I think it's a good thing for a person to be aware of what kind of behavior they like and what they aren't willing to live with. Obviously you shouldn't try to control anyone, allowing people to make their own decisions even if the outcome is not what you want, but it's absolutely fine and actually necessary to express it if someone's behavior upsets you or if you're not going to live with someone behaving in that way. I think you should express yourself in the moment true to yourself (but the delivery should be thoughtful too) and let people make informed decisions based on that. I'd personally have a problem with polyamory because it's not how I'd want to live and any person wanting to live like that would not be compatible with me.
 
your relationship to one doesn't diminish your relationships to the others.
They say that each dyadic relationship has 3 entities (1 relationship): You, Me, and our Relationship.

And if there are three people, there are 6 entities:
1. You (my relationship with myself)
2. Me (your relationship with yourself)
3. Him (his relationship with himself)
4. your relationship with Him
5. your relationship with Me
6. my relationship with Him
7. the combined relationship between the three of us.

Don't value and compare – appreciate each other!
Lol. Surrrre. But it's nice to try. :)

Rather than compromising in every situation, make it possible to make different choices without letting that cause a crisis in the relationship. Demandlessness is the only way to be completely sure that everyone in a relationship is there of their own free will. It's not “real love” to adjust to each other according to an existing template.
Yes, I totally agree. My ESFP therapist was wrong when he said that people won't change unless you bring up something you want them to change within the relationship; but what if compromising is what kills real love?

Don't allow your relationships to be driven by fear of societal norms.
This is easiest in a dyadic friendship, since there's no third party to enforce societal norms.
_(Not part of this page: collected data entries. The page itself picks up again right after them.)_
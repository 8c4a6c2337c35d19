//! The rows.

ghost use Rattle.worked_waits.specs.Rows.{AskingEachOther, AskingItself, Single, Values};

/// Two ask each other, and main waits behind them.
pub fn asking_each_other()
    ensures { AskingEachOther }
{}

/// One asks itself.
pub fn asking_itself()
    ensures { AskingItself }
{}

/// Futures that are values of each other.
pub fn values()
    ensures { Values }
{}

/// One at a `serve`, one with a fault, and one that has ended.
pub fn single()
    ensures { Single }
{}
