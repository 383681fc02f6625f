// A verdict as text.
ghost use Rattle.std.specs.Prelude.{Some};
ghost use Rattle.fitting.specs.Text.{told};

use records::Entry;
use refusal::Refusal;
use std::fmt;

// `FIT` and the worst cycles, or the refusal.
#[derive(Clone, Copy)]
pub struct Verdict(pub Result<Entry, Refusal>);

impl fmt::Display for Verdict {
    ghost output = { λ v. Some (told v.0) };

    fn fmt<W: fmt::Write>(&self, f: &mut fmt::Formatter<W>) -> fmt::Result {
        match &self.0 {
            Ok(entry) => write!(f, "FIT {}", entry.worst),
            Err(refusal) => write!(f, "{refusal}"),
        }
    }
}
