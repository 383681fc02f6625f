// A code and its sheet as one input, fitted to the planner's node.
#![tactic(auto)]

ghost use Rattle.std.specs.Prelude.{◌≡◌};
ghost use Rattle.board.specs.Cells.{NewCells};
ghost use Rattle.machine.specs.Settings.{SetTo};
ghost use Rattle.fitting.specs.Input.{looked_at, code_of, sheet_of, code_in, sheet_in};
ghost use Rattle.fitting.specs.Planner.{Planned};

use board::Cells;
use machine::Settings;
use records::Entry;
use refusal::Refusal;
use sheet::examine;

mod verdict;

pub use verdict::Verdict;

// The base page at h'E000, the code area from h'4000 to h'4FFF, limits 64 and 32, and the fill byte 0.
pub fn settings() -> Settings
    ensures { SetTo 0xE000 0x4000 0x4FFF 64 32 0 result }
{
    Settings::new(0xE000, 0x4000, 0x4FFF, 64, 32, 0).unwrap()
}

// Cells from h'5000 to h'51FF.
pub fn cells() -> Cells
    ensures { NewCells 0x5000 512 result }
{
    Cells::new(0x5000, 512).unwrap()
}

// No more bytes of an input are looked at.
pub const LONGEST: usize = 5634;

#[tactic(auto, using(std::proofs::lemmas::List::take_min))]
fn looked_at(input: &[u8]) -> &[u8]
    ensures { result.now ≡ looked_at input.now }
{
    &input[..LONGEST.min(input.len())]
}

// The code and the sheet. Two bytes say how long the code is; where they are missing, or less code stands there than they
// say, the sheet is empty.
fn parts(input: &[u8]) -> (&[u8], &[u8])
    ensures code { result.0.now ≡ code_of input.now }
    ensures sheet { result.1.now ≡ sheet_of input.now }
{
    let [high, low, rest @ ..] = input else {
        return (&[], &[]);
    };
    let length = usize::from(u16::from_be_bytes([*high, *low]));
    rest.split_at(length.min(rest.len()))
}

// The code and the sheet of an input.
pub fn split(input: &[u8]) -> (&[u8], &[u8])
    ensures code { result.0.now ≡ code_in input.now }
    ensures sheet { result.1.now ≡ sheet_in input.now }
{
    parts(looked_at(input))
}

// Whether the sheet of an input is fitted, where nothing else is: the entry, or the first question that is answered no.
pub fn fit(input: &[u8]) -> Result<Entry, Refusal>
    ensures { Planned input.now result }
{
    let (code, sheet) = split(input);
    examine(&settings(), &[], &cells(), code, sheet)
}
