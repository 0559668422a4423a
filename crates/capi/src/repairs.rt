// One node's column: cut for another, or rebuilt from the fractions of the others.
ghost use Rattle.yebarg.specs.Promise.{CutMeets};
ghost use Rattle.rebuild.specs.Promise.{RebuildMeets};
ghost use Rattle.capi.specs.Word.{shape_of, Told};

use crate::shapes::{code_of, shape_of};
use rebuild::rebuild;
use yebarg::cut;

// Writes the fraction that a helper gives for a failed node.
#[unsafe(no_mangle)]
pub extern "C" fn przytulisz_cut(
    shape: u64,
    helper: usize,
    failed: usize,
    column: &[u8],
    fraction: &mut [u8],
) -> u32
    ensures { Told (λ answer. CutMeets (shape_of shape) helper failed column.now fraction.old answer fraction.new) result }
{
    code_of(cut(shape_of(shape), helper, failed, column, fraction))
}

// Writes the column of a failed node.
#[unsafe(no_mangle)]
pub extern "C" fn przytulisz_rebuild(
    shape: u64,
    failed: usize,
    fractions: &[u8],
    column: &mut [u8],
) -> u32
    ensures { Told (λ answer. RebuildMeets (shape_of shape) failed fractions.now column.old answer column.new) result }
{
    code_of(rebuild(shape_of(shape), failed, fractions, column))
}
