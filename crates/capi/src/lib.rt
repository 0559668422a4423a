// The C library: include/przytulisz.h says what a caller of it needs.
//
// Thin exports over the entries. Every export takes every input and ends: none has a `requires`. A shape is one number, an answer is 0 or the number of a
// refusal; each contract is the promise of the entry itself, of an answer with the number that is returned (specs/Word.antt), or a record of
// specs/Promise.antt: of a shape's number, and where numbers are written through pointers.
#![tactic(auto)]

mod packs;
mod records;
mod repairs;
mod shapes;
mod stripes;
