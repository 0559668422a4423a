// Stripes: parity, testing, lost columns.
ghost use Rattle.std.specs.Prelude.{◌<◌};
ghost use Rattle.fill.specs.Promise.{FillMeets, ParityMeets};
ghost use Rattle.capi.specs.Word.{shape_of, Told};
ghost use Rattle.capi.specs.Promise.{TestCodeMeets};

use crate::shapes::{code_of, shape_of};
use fill::{fill, fill_parity};
use rules::{Refusal, Shape, check_len, measure};
use sums::test;

// Writes the parity columns.
#[unsafe(no_mangle)]
pub extern "C" fn przytulisz_fill_parity(shape: u64, stripe: &mut [u8]) -> u32
    ensures { Told (λ answer. ParityMeets (shape_of shape) stripe.old answer stripe.new) result }
{
    code_of(fill_parity(shape_of(shape), stripe))
}

// Tests a stripe: 1 in `whole`, or 0 and where it fails first.
#[unsafe(no_mangle)]
pub extern "C" fn przytulisz_test(
    shape: u64,
    stripe: &[u8],
    whole: &mut u8,
    row: &mut usize,
    t: &mut usize,
) -> u32
    ensures { TestCodeMeets (shape_of shape) stripe.now whole.old row.old t.old result whole.new row.new t.new }
{
    match test(shape_of(shape), stripe) {
        Err(refusal) => refusal.into(),
        Ok(None) => {
            *whole = 1;
            0
        },
        Ok(Some(f)) => {
            *whole = 0;
            *row = f.row;
            *t = f.t;
            0
        },
    }
}

// What `fill` answers of a lost set with a bit above the lowest 16, which is above every n.
#[tactic(auto, unfolding(fill::specs::Refusal::fill_refusal, rules::specs::Refusal::shape_refusal))]
fn fill_wide(shape: Shape, lost: u32, stripe: &[u8]) -> Result<(), Refusal>
    requires { 65535 < lost }
    ensures { FillMeets shape lost stripe.now result stripe.now }
{
    let Ok(z) = measure(shape) else {
        return Err(Refusal::BadShape);
    };
    check_len(stripe, z.stripe_len())?;
    Err(Refusal::BadNode)
}

// Writes the lost columns. A bit above the lowest 16 is above every n, and is refused as one.
#[unsafe(no_mangle)]
pub extern "C" fn przytulisz_fill(shape: u64, lost: u32, stripe: &mut [u8]) -> u32
    ensures { Told (λ answer. FillMeets (shape_of shape) lost stripe.old answer stripe.new) result }
{
    if 65535 < lost {
        return code_of(fill_wide(shape_of(shape), lost, stripe));
    }
    code_of(fill(shape_of(shape), lost as u16, stripe))
}
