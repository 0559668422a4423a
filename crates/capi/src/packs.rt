// Packs.
ghost use Rattle.capi.specs.Promise.{ReadCodeMeets};

use pack::read_pack;

// Reads a pack: its shape, the nodes that it doesn't hold, and the filled stripe.
#[unsafe(no_mangle)]
pub extern "C" fn przytulisz_read_pack(
    pack: &[u8],
    stripe: &mut [u8],
    shape: &mut u64,
    lost: &mut u32,
) -> u32
    ensures { ReadCodeMeets pack.now stripe.old shape.old lost.old result stripe.new shape.new lost.new }
{
    match read_pack(pack, stripe) {
        Err(refusal) => refusal.into(),
        Ok(contents) => {
            *shape = (contents.shape.n + 256 * contents.shape.r) as u64;
            *lost = contents.lost.into();
            0
        },
    }
}
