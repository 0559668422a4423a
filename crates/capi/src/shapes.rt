// A shape as one number, and an answer as one.
ghost use Rattle.std.specs.Prelude.{◌≡◌};
ghost use Rattle.capi.specs.Word.{shape_of, code_of};
ghost use Rattle.capi.specs.Promise.{ShapeIs, SizesMeet};

use rules::{Refusal, Shape, measure};

// The shape that a number says: n is its lowest byte and r the rest, so that bits above the lowest 16 make an r that isn't accepted.
pub fn shape_of(shape: u64) -> Shape
    ensures { result ≡ shape_of shape }
{
    Shape::new((shape % 256) as usize, (shape / 256) as usize)
}

// 0, or the number of the refusal.
pub fn code_of(answer: Result<(), Refusal>) -> u32
    ensures { result ≡ code_of answer }
{
    match answer {
        Ok(()) => 0,
        Err(refusal) => refusal.into(),
    }
}

// The number of the shape with n nodes, r of them parity; 0, which says no accepted shape, where n or r is above 255.
#[unsafe(no_mangle)]
pub extern "C" fn przytulisz_shape(n: usize, r: usize) -> u64
    ensures { ShapeIs n r result }
{
    if n > 255 || r > 255 {
        return 0;
    }
    (n + 256 * r) as u64
}

// The sizes of a shape.
#[unsafe(no_mangle)]
pub extern "C" fn przytulisz_sizes(
    shape: u64,
    k: &mut usize,
    m: &mut usize,
    s: &mut usize,
    l: &mut usize,
) -> u32
    ensures { SizesMeet (shape_of shape) k.old m.old s.old l.old result k.new m.new s.new l.new }
{
    let Ok(z) = measure(shape_of(shape)) else {
        return Refusal::BadShape.into();
    };
    *k = z.k;
    *m = z.m;
    *s = z.s;
    *l = z.l;
    0
}
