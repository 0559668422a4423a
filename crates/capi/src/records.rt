// Records: laid into a stripe, and read back.
ghost use Rattle.yebarg.specs.Promise.{LayMeets, ReadBackMeets};
ghost use Rattle.capi.specs.Word.{shape_of, Told};

use crate::shapes::{code_of, shape_of};
use yebarg::{lay, read_back};

// Lays a record into the data columns of a stripe.
#[unsafe(no_mangle)]
pub extern "C" fn przytulisz_lay(shape: u64, rec: &[u8], stripe: &mut [u8]) -> u32
    ensures { Told (λ answer. LayMeets (shape_of shape) rec.now stripe.old answer stripe.new) result }
{
    code_of(lay(shape_of(shape), rec, stripe))
}

// Writes the record of a stripe.
#[unsafe(no_mangle)]
pub extern "C" fn przytulisz_read_back(shape: u64, stripe: &[u8], rec: &mut [u8]) -> u32
    ensures { Told (λ answer. ReadBackMeets (shape_of shape) stripe.now rec.old answer rec.new) result }
{
    code_of(read_back(shape_of(shape), stripe, rec))
}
How do you want others to treat you? And I mean everyone. What are your premises and how do you define your boundaries? What kind of people do you want to have around and how do you want your relationships to be?
Lots of questions in one mouthful. But basically I want people to be as curious about me as I am about them. But this doesn't work in every relationship, clearly.
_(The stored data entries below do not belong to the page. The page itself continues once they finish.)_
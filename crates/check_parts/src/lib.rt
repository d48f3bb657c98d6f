//! The parts of the call of `resctrl_check` that play nothing: its words, the division of an input into a script and journals, what
//! is wrong with an input, and the texts that are written. A call that runs out of memory answers NoMemory.
//!
//! The law that journals can be written: each number of the journals of a run is in the range of its field.
#![tactic(auto)]

pub mod bad_input;
pub mod beginnings;
mod clause_order;
pub mod division;
mod expected_journals;
pub mod exports;
pub mod form;
pub mod input;
mod judged_slices;
pub mod judging;
mod left_journals;
pub mod limits;
mod look_lists;
pub mod theorems;
pub mod verdicts;
pub mod words;
pub mod written_runs;

pub use bad_input::{BadInput, bad_line_of};
pub use beginnings::fault_of_beginning;
pub use division::{Division, divide};
pub use exports::export_text;
pub use form::{Form, Play};
pub use input::{CheckInput, InputError, held_in, script_in};
pub use judging::verdict_in;
pub use limits::MOST_CHECK_BYTES;
pub use verdicts::verdict_line;
pub use words::{USAGE, form_of, usage_bytes};
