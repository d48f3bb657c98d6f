//! The entries of a slice that are the first looks of their commands.
ghost use Rattle.std.specs.Prelude.{◌≡◌, ◌<◌, ◌∷◌, ◌++◌, [], IfOk, List, OnOk};
ghost use Rattle.cache_core.specs.declared.entry.SliceEntry.{SliceEntry};
ghost use Rattle.check_parts.specs.JudgedSlices.{HaveLooks};
ghost use Rattle.check_parts.specs.NotedLooks.{AreNoted, KeepsFirst, look_number_of, looked_rmid};

use cache_core::{SliceEntry, What};
use rc_base::NoMemory;
use script_ops::Script;
use std::alloc::Global;
use std::collections::BTreeSet;

// An op and an RMID as one number.
fn look_number_of(thread: u32, op: u32, rmid: u16) -> u128
    ensures number { result ≡ look_number_of thread op rmid }
    ensures op { op < 4294967296 }
    ensures rmid { rmid < 65536 }
{
    (u128::from(thread) * 4_294_967_296 + u128::from(op)) * 65_536 + u128::from(rmid)
}

// The RMID of a look.
fn looked_rmid(what: What) -> Option<u16>
    ensures { result ≡ looked_rmid what }
{
    match what {
        What::Look { rmid, lines: _ } => Some(rmid),
        What::Access { .. } | What::Raise | What::Flush | What::Lock { .. } | What::Drop { .. } => {
            None
        }
    }
}

// Keeps an entry, where this number was not noted.
fn keep_first(
    looks: &mut Vec<SliceEntry>,
    noted: &mut BTreeSet<u128>,
    entry: &SliceEntry,
    number: u128,
) -> Result<(), NoMemory>
    ensures { OnOk result (KeepsFirst noted.old noted.new looks.old.items looks.new.items entry.now number) }
{
    let first = noted.insert(number)?;
    if !first {
        return Ok(());
    }
    looks.push(*entry)?;
    Ok(())
}

// Keeps an entry, where it is the first look of an op of the script at its RMID.
fn note(
    looks: &mut Vec<SliceEntry>,
    noted: &mut BTreeSet<u128>,
    script: &Script,
    entry: &SliceEntry,
) -> Result<(), NoMemory>
    ensures { OnOk result ((before : List SliceEntry) → AreNoted script.now before looks.old.items noted.old → AreNoted script.now (before ++ entry.now ∷ []) looks.new.items noted.new) }
{
    let Some(rmid) = looked_rmid(entry.what) else {
        return Ok(());
    };
    if script.op(entry.thread, entry.op).is_none() {
        return Ok(());
    }
    let number = look_number_of(entry.thread, entry.op, rmid);
    keep_first(looks, noted, entry, number)
}

/// The first look of each op of the script at each RMID among the entries of a slice, in the time of the entries, each with a search.
/// NoMemory where there is no room for them.
pub(crate) fn looks_in(
    alloc: Global,
    script: &Script,
    entries: &[SliceEntry],
) -> Result<Vec<SliceEntry>, NoMemory>
    ensures { IfOk result (λ looks. HaveLooks script.now entries.now looks.items) }
{
    let mut looks = Vec::new(alloc);
    let mut noted = BTreeSet::new(alloc);
    for entry in entries {
        note(&mut looks, &mut noted, script, entry)?;
    }
    Ok(looks)
}
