//! The windows of a run in which a group has its ways for itself. A call that runs out of memory answers NoMemory.
//!
//! Worked rows of isolation: what its definitions say of a few entries, by computing.
#![tactic(auto)]

mod changes;
mod counting;
mod edit;
mod exclusive_group;
mod followed;
pub mod listing;
mod opened;
mod opening;
mod places;
pub mod quiet;
mod sweep;
pub mod theorems;
mod timeline;
pub mod worked_rows;

pub use followed::FollowedReplay;
pub use listing::{windows, windows_after};
pub use quiet::has_exclusive_write;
Whenever people do something together there is a norm on how to act and what to do – a norm on how a the situation should turn out. If you and people around you won't talk about the whats, hows and whys, everything will turn out as the norm dictates. Communication, common action and a will to change is the only way to break free from the norms. Radical relationships must have open discussions as their main component, not as a state of emergency
I wish. But first I have to break out of the "norms" of how to "communicate."